If a doctor at the NBMCH is deprived of specialised cardiac treatment then it is evident what is in store for poor patients who come to the NBMCH, Sarkar added.

Last month, too, the JDC members had threatened that they would go on an indefinite hunger strike if the specialist heart unit was not opened immediately.

The ICCU at the NBMCH — the sole referral hospital in north Bengal — was shut down three years ago because of lack of staff just three months after it opened.

The facility has six beds with two additional step-down beds (for recovering patients). Currently it has equipment like a cardiac monitor, a ventilator and a defibrillator.

“We had postponed the opening of the ICCU to December 15 since we were yet to gets some drugs and furniture. But after the death of a colleague from cardiac arrest on Tuesday, we thought it was best not to delay it any further. The charges for availing the ICCU facilities will be fixed in a day or two but it is sure that these would be quite less than rates charged by nursing homes. The pending requirements of drugs and furniture too, shall be fulfilled this week,” said Saibal Gupta, the NBMCH superintendent.

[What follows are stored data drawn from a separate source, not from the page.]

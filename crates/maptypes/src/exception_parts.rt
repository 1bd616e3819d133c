//! The exceptions that parts within their limits stand for.

ghost use Rattle.std.specs.Prelude.{◌≡◌, ◌≤◌, pos, nat_abs, true, map, length, IfOk, IsTrue};
ghost use Rattle.std.specs.List.{list_all};
ghost use Rattle.mapparts.specs.Limits.{stock};
ghost use Rattle.mapparts.specs.Parts.{is_between, exception_fits, exceptions_fit};
ghost use Rattle.maptypes.specs.Values.{exception_of};

use crate::exception::{Exception, Pair};
use crate::pg::Pg;
use crate::short::{Blank, Short};
use mapparts::numbers::word;
use mapparts::{ExceptionPart, Limited, PairPart};
use refusal::Memory;
use std::alloc::Global;

/// The id of an OSD, which is within its limits, in two bytes.
#[tactic(auto, unfolding(mapparts::specs::Parts::is_between))]
fn short_id(id: i128) -> u16
    requires { IsTrue (is_between (pos 0) (pos 65535) id) }
    ensures { result ≡ nat_abs id }
{
    id as u16
}

/// A part that stands for an entry of an exception.
pub trait StandsFor<E>: Limited + Copy + Drop {
    ghost use Rattle.std.specs.Prelude.{◌≡◌, true};
    ghost use Rattle.mapparts.specs.Limits.{stock};

    ghost entry_of: { Self → E };

    /// The entry that it stands for.
    fn entry(&self) -> E
        requires { Self.within stock self.now ≡ true }
        ensures { result ≡ entry_of self.now };
}

impl StandsFor<u32> for i128 {
    ghost use Rattle.std.specs.Prelude.{nat_abs};

    ghost entry_of = { nat_abs };

    fn entry(&self) -> u32 {
        word(*self)
    }
}

impl StandsFor<Pair> for PairPart {
    ghost use Rattle.maptypes.specs.Values.{pair_of};

    ghost entry_of = { pair_of };

    fn entry(&self) -> Pair {
        Pair {
            from: short_id(self.from),
            to: short_id(self.to),
        }
    }
}

/// The entries that at most 20 parts within their limits stand for, in their order.
fn entries_of<E: Blank, P: StandsFor<E>>(parts: &[P]) -> Short<E>
    requires few { length parts.now ≤ 20 }
    requires fits { list_all (P.within stock) parts.now ≡ true }
    ensures { result ≡ map P.entry_of parts.now }
{
    let mut entries = Short::new();
    for part in parts {
        entries.push(part.entry());
    }
    entries
}

/// The exception that a part within its limits stands for.
fn exception_of<E: Blank, P: StandsFor<E>>(part: &ExceptionPart<P>) -> Exception<E>
    requires { exception_fits (P.within stock) part.now ≡ true }
    ensures { result ≡ exception_of P.entry_of part.now }
{
    Exception {
        pg: Pg::of_parts(&part.pg),
        entries: entries_of(&part.entries),
    }
}

/// The exceptions that parts within their limits stand for, in their order.
///
/// # Errors
///
/// `Memory` (30) where there is no memory for them.
pub fn exceptions_of<E: Blank, P: StandsFor<E>>(
    alloc: Global,
    parts: &[ExceptionPart<P>],
) -> Result<Vec<Exception<E>>, Memory>
    requires { exceptions_fit (P.within stock) parts.now ≡ true }
    ensures { IfOk result (λ es. es.items ≡ map (exception_of P.entry_of) parts.now) }
{
    let mut exceptions = Vec::with_capacity(alloc, parts.len())?;
    for part in parts {
        exceptions.push(exception_of(part))?;
    }
    Ok(exceptions)
}
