//! The steps that parts within the limits state.

ghost use Rattle.std.specs.Prelude.{◌≡◌, true, map, IfOk};
ghost use Rattle.std.specs.List.{list_all};
ghost use Rattle.mapparts.specs.Parts.{step_fits};
ghost use Rattle.maptypes.specs.Values.{step_of};

use crush::{Choose, Step};
use mapparts::StepPart;
use mapparts::numbers::{byte, item_id};
use std::alloc::{AllocError, Global};

/// The step that a part within the limits states.
fn step_of(part: &StepPart) -> Step
    requires { step_fits part.now ≡ true }
    ensures { result ≡ step_of part.now }
{
    match part {
        StepPart::SetChooseTries(tries) => Step::SetChooseTries(byte(*tries)),
        StepPart::SetChooseleafTries(tries) => Step::SetChooseleafTries(byte(*tries)),
        StepPart::SetChooseleafVaryR(vary) => Step::SetChooseleafVaryR(byte(*vary)),
        StepPart::SetChooseleafStable(stable) => Step::SetChooseleafStable(byte(*stable)),
        StepPart::Take(bucket) => Step::Take(item_id(*bucket)),
        StepPart::Choose(choose) => Step::Choose(Choose {
            mode: choose.mode,
            to_leaf: choose.to_leaf,
            count: byte(choose.count),
            level: byte(choose.level),
        }),
        StepPart::Emit => Step::Emit,
    }
}

/// The steps that parts within the limits state, in their order.
pub(crate) fn steps_of(alloc: Global, parts: &[StepPart]) -> Result<Vec<Step>, AllocError>
    requires { list_all step_fits parts.now ≡ true }
    ensures { IfOk result (λ steps. steps.items ≡ map step_of parts.now) }
{
    let mut steps = Vec::with_capacity(alloc, parts.len())?;
    for part in parts {
        steps.push(step_of(part))?;
    }
    Ok(steps)
}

The ICCU, Gupta said, will be manned by two senior doctors and six medical officers from the cardiology department.

“They will be assisted by the residential medical officer, medical officers and house staff of the medicine department. Two nurses and Group D personnel will be present for each shift of seven hours. We have also placed requisition before higher authorities to appoint two specialist doctors and five medical officers for the ICCU. Some costly and sophisticated equipment are needed for which a proposal has also been sent,” Gupta said. However, as of now, no patient has been admitted to the ICCU.

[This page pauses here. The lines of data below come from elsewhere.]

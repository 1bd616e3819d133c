//! CRUSH maps: a forest, and the rules over it by id.

ghost use Rattle.std.specs.Prelude.{◌≡◌, ◌≤◌, true, map, nat_le, IfOk};
ghost use Rattle.std.specs.List.{All, list_all};
ghost use Rattle.crush.specs.Grammar.{rule_ok, IsLawfulRule};
ghost use Rattle.mapparts.specs.Limits.{max_rule_id};
ghost use Rattle.crush.specs.Limits.{max_buckets};
ghost use Rattle.buckets.specs.Limits.{max_devices};
ghost use Rattle.crush.specs.WellFormed.{forest_ok};
ghost use Rattle.refusal.specs.declared.refused.Refusal.TheVariants.{BadForest, BadRule};
ghost use Rattle.refusal.specs.Outcomes.{refused_unless, Makes};
ghost use Rattle.keylist.specs.Order.{Rises};
ghost use Rattle.mapparts.specs.Parts.{has_between, bucket_fits, rule_fits};
ghost use Rattle.maptypes.specs.Values.{bucket_of, rule_of};
ghost use Rattle.maptypes.specs.CrushMaps.{IsForestOf, is_lawful, rules_fit, rule_ids_fit, rules_over};

use crate::forest_parts::buckets_of;
use crate::rule_parts::steps_of;
use crate::rules::NumberedRule;
use crush::{Forest, Rule};
use keylist::sort_distinct;
use mapparts::limits::{MAX_RULE_ID, MAX_RULES};
use mapparts::numbers::{has_between, word};
use mapparts::{BucketPart, RulePart};
use refusal::{Memory, Refusal};
use std::alloc::Global;
use std::marker::Model;

/// A CRUSH map: a forest, and 1 to 256 rules over it by id upwards (Ceph, CrushWrapper.h). The forest, whose table of
/// parents has 16 KB, stands apart, so that a change without one is moved and kept at little cost.
#[derive(Debug, Drop)]
pub struct CrushMap {
    forest: Box<Forest>,
    rules: Vec<NumberedRule>,
}

impl Model for CrushMap {
    ghost use Rattle.maptypes.specs.CrushMaps.{CrushFacts, IsCrushMap};

    ghost Value = { CrushFacts };

    ghost view = { λ c. record { buckets = c.forest.value; rules = c.rules.items } };

    ghost invariant = { λ c. IsCrushMap (record { buckets = c.forest.value; rules = c.rules.items }) };
}

/// The forest that parts within the limits state: `BadForest` (13) where they are not well formed.
fn forest_of(alloc: Global, parts: &[BucketPart], max_osd: u32) -> Result<Forest, Refusal>
    requires fits { list_all bucket_fits parts.now ≡ true }
    requires count { has_between 1 max_buckets parts.now ≡ true }
    requires some { 1 ≤ max_osd }
    requires few { max_osd ≤ max_devices }
    ensures { Makes result (refused_unless (forest_ok (map bucket_of parts.now) max_osd) BadForest)
        (IsForestOf (map bucket_of parts.now)) }
{
    let buckets = buckets_of(alloc, parts)?;
    Forest::of_fitting(buckets, max_osd)
}

/// The rule over a forest that a part within the limits states: `BadRule` (14) where its steps are outside the grammar,
/// or take a bucket that the forest has not.
fn rule_of(alloc: Global, part: &RulePart, forest: &Forest) -> Result<NumberedRule, Refusal>
    requires { rule_fits part.now ≡ true }
    ensures { Makes result (refused_unless (is_lawful forest.now part.now) BadRule) (λ rule. rule ≡ rule_of part.now) }
{
    let steps = steps_of(alloc, &part.steps)?;
    let rule = Rule::of_fitting(part.kind, steps, forest)?;
    Ok(NumberedRule {
        id: word(part.id),
        rule,
    })
}

/// The rules over a forest that parts within the limits state, in their order: `BadRule` (14) where one of them is
/// none.
fn make_rules(
    alloc: Global,
    parts: &[RulePart],
    forest: &Forest,
) -> Result<Vec<NumberedRule>, Refusal>
    requires { list_all rule_fits parts.now ≡ true }
    ensures { Makes result (refused_unless (list_all (is_lawful forest.now) parts.now) BadRule)
        (λ rules. rules.items ≡ map rule_of parts.now) }
{
    let mut rules = Vec::with_capacity(alloc, parts.len())?;
    for part in parts {
        rules.push(rule_of(alloc, part, forest)?)?;
    }
    Ok(rules)
}

/// The rules over a forest that parts within the limits state, by id upwards: `BadRule` (14) where one of them is
/// none, or has the id of another.
fn rules_of(
    alloc: Global,
    parts: &[RulePart],
    forest: &Forest,
) -> Result<Vec<NumberedRule>, Refusal>
    requires { list_all rule_fits parts.now ≡ true }
    ensures { Makes result (refused_unless (rules_fit forest.now parts.now) BadRule)
        (λ rules. Rises (λ r. r.id) (map rule_of parts.now) rules.items) }
{
    let rules = make_rules(alloc, parts, forest)?;
    sort_distinct(rules, Refusal::BadRule)
}

/// Whether there are 1 to 256 rules, each of an id of at most 255.
#[tactic(auto, unfolding(crate::specs::CrushMaps::rule_ids_fit))]
fn rule_ids_fit(rules: &[NumberedRule]) -> bool
    ensures { result ≡ rule_ids_fit rules.now }
{
    has_between(1, MAX_RULES, rules) && are_rule_ids(rules)
}

/// Whether each id is at most 255.
fn are_rule_ids(rules: &[NumberedRule]) -> bool
    ensures { result ≡ list_all (λ r. nat_le r.id max_rule_id) rules.now }
{
    rules.iter().all(|rule| rule.id <= MAX_RULE_ID as u32)
}

/// Whether each rule takes buckets of the forest.
fn are_over(rules: &[NumberedRule], forest: &Forest) -> bool
    ensures { result ≡ list_all (λ r. rule_ok r.rule.kind r.rule.steps forest.now) rules.now }
{
    rules.iter().all(|rule| rule.rule.is_over(forest))
}

/// Rules over a forest by id upwards: `BadRule` (14) where one of them takes a bucket that the forest has not, or has
/// the id of another; `Memory` (30).
#[tactic(auto, unfolding(crate::specs::CrushMaps::rules_over))]
fn rules_over(rules: Vec<NumberedRule>, forest: &Forest) -> Result<Vec<NumberedRule>, Refusal>
    ensures { Makes result (refused_unless (rules_over forest.now rules.items) BadRule)
        (λ sorted. Rises (λ r. r.id) rules.items sorted.items) }
{
    if !are_over(&rules, forest) {
        return Err(Refusal::BadRule);
    }
    sort_distinct(rules, Refusal::BadRule)
}

/// Each rule is within its limits: for a proof alone.
fn are_lawful(rules: &[NumberedRule])
    ensures { All (λ r. IsLawfulRule r.rule.kind r.rule.steps) rules.now }
{
    for rule in rules {
        let _ = rule.rule.steps();
    }
}

/// Copies of some rules.
fn copies_of(alloc: Global, rules: &[NumberedRule]) -> Result<Vec<NumberedRule>, Memory>
    ensures { IfOk result (λ copies. copies.items ≡ rules.now) }
{
    let mut copies = Vec::with_capacity(alloc, rules.len())?;
    for numbered in rules {
        let copy = NumberedRule {
            id: numbered.id,
            rule: numbered.rule.copy(alloc)?,
        };
        copies.push(copy)?;
    }
    Ok(copies)
}

impl CrushMap {
    ghost use Rattle.std.specs.Prelude.{◌≡◌, ◌≤◌, true, IfOk};
    ghost use Rattle.std.specs.List.{list_all};
    ghost use Rattle.std.specs.Option.{option_copied};
    ghost use Rattle.crush.specs.Limits.{max_buckets};
    ghost use Rattle.buckets.specs.Limits.{max_devices};
    ghost use Rattle.refusal.specs.Outcomes.{Makes};
    ghost use Rattle.mapparts.specs.Limits.{max_rules};
    ghost use Rattle.mapparts.specs.Parts.{has_between, bucket_fits, rule_fits};
    ghost use Rattle.maptypes.specs.CrushMaps.{rule_at, rules_fault, crush_fault, IsCrushMap, IsCrushWith, IsCrushOf};

    /// The CRUSH map over the devices below `max_osd` that parts within the limits state.
    ///
    /// # Errors
    ///
    /// `BadForest` (13) where the buckets are no well-formed forest; else `BadRule` (14) where a rule is outside the
    /// grammar, takes a bucket that the forest has not, or has the id of another; or `Memory` (30) where there is no
    /// memory for it.
    pub fn of_parts(
        alloc: Global,
        buckets: &[BucketPart],
        rules: &[RulePart],
        max_osd: u32,
    ) -> Result<CrushMap, Refusal>
        requires buckets_fit { list_all bucket_fits buckets.now ≡ true }
        requires bucket_count { has_between 1 max_buckets buckets.now ≡ true }
        requires rules_fit { list_all rule_fits rules.now ≡ true }
        requires rule_count { has_between 1 max_rules rules.now ≡ true }
        requires some { 1 ≤ max_osd }
        requires few { max_osd ≤ max_devices }
        ensures { Makes result (crush_fault buckets.now rules.now max_osd) (IsCrushOf buckets.now rules.now) }
    {
        let forest = forest_of(alloc, buckets, max_osd)?;
        let rules = rules_of(alloc, rules, &forest)?;
        let kept = Box::new(alloc, forest)?;
        Ok(CrushMap {
            forest: kept,
            rules,
        })
    }

    /// The CRUSH map of a forest and of rules over it.
    ///
    /// # Errors
    ///
    /// `BadLimit` (12) where there are no rules or more than 256, or an id is above 255; else `BadRule` (14) where an
    /// id stands twice, or a rule takes a bucket that the forest has not; or `Memory` (30) where there is no memory for
    /// it.
    pub fn new(alloc: Global, forest: Forest, rules: Vec<NumberedRule>) -> Result<CrushMap, Refusal>
        ensures { Makes result (rules_fault forest rules.items) (IsCrushWith forest rules.items) }
    {
        if !rule_ids_fit(&rules) {
            return Err(Refusal::BadLimit);
        }
        are_lawful(&rules);
        let rules = rules_over(rules, &forest)?;
        let kept = Box::new(alloc, forest)?;
        Ok(CrushMap {
            forest: kept,
            rules,
        })
    }

    /// The forest.
    pub fn forest(&self) -> &Forest
        ensures { result.now ≡ self.now.buckets }
    {
        &self.forest
    }

    /// The rules, by id upwards.
    pub fn rules(&self) -> &[NumberedRule]
        ensures value { result.now ≡ self.now.rules }
        ensures lawful { IsCrushMap self.now }
    {
        &self.rules
    }

    /// The rule of an id.
    pub fn rule(&self, id: u32) -> Option<&Rule>
        ensures { option_copied result ≡ rule_at self.now.rules id }
    {
        self.rules
            .iter()
            .find(|rule| rule.id == id)
            .map(|rule| &rule.rule)
    }

    /// A copy of the CRUSH map.
    ///
    /// # Errors
    ///
    /// `Memory` (30) where there is no memory for it.
    pub fn copy(&self, alloc: Global) -> Result<CrushMap, Memory>
        ensures { IfOk result (λ copy. copy ≡ self.now) }
    {
        let forest = Box::new(alloc, self.forest.copy(alloc)?)?;
        let rules = copies_of(alloc, &self.rules)?;
        Ok(CrushMap { forest, rules })
    }
}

Dr Mukhopadhyay suffered a cardiac arrest at his quarters 30ft from the NBMCH emergency ward around 12am on Tuesday. He was rushed to emergency and shifted to the ICU. The doctor, however, died at 1.15am.

“After his death, we were not ready to take anymore excuses from the authorities and met the principal, superintendent and deputy superintendent yesterday, demanding the immediate opening of the ICCU. They considered our demand and the ICCU started functioning from the evening,” Sarkar said.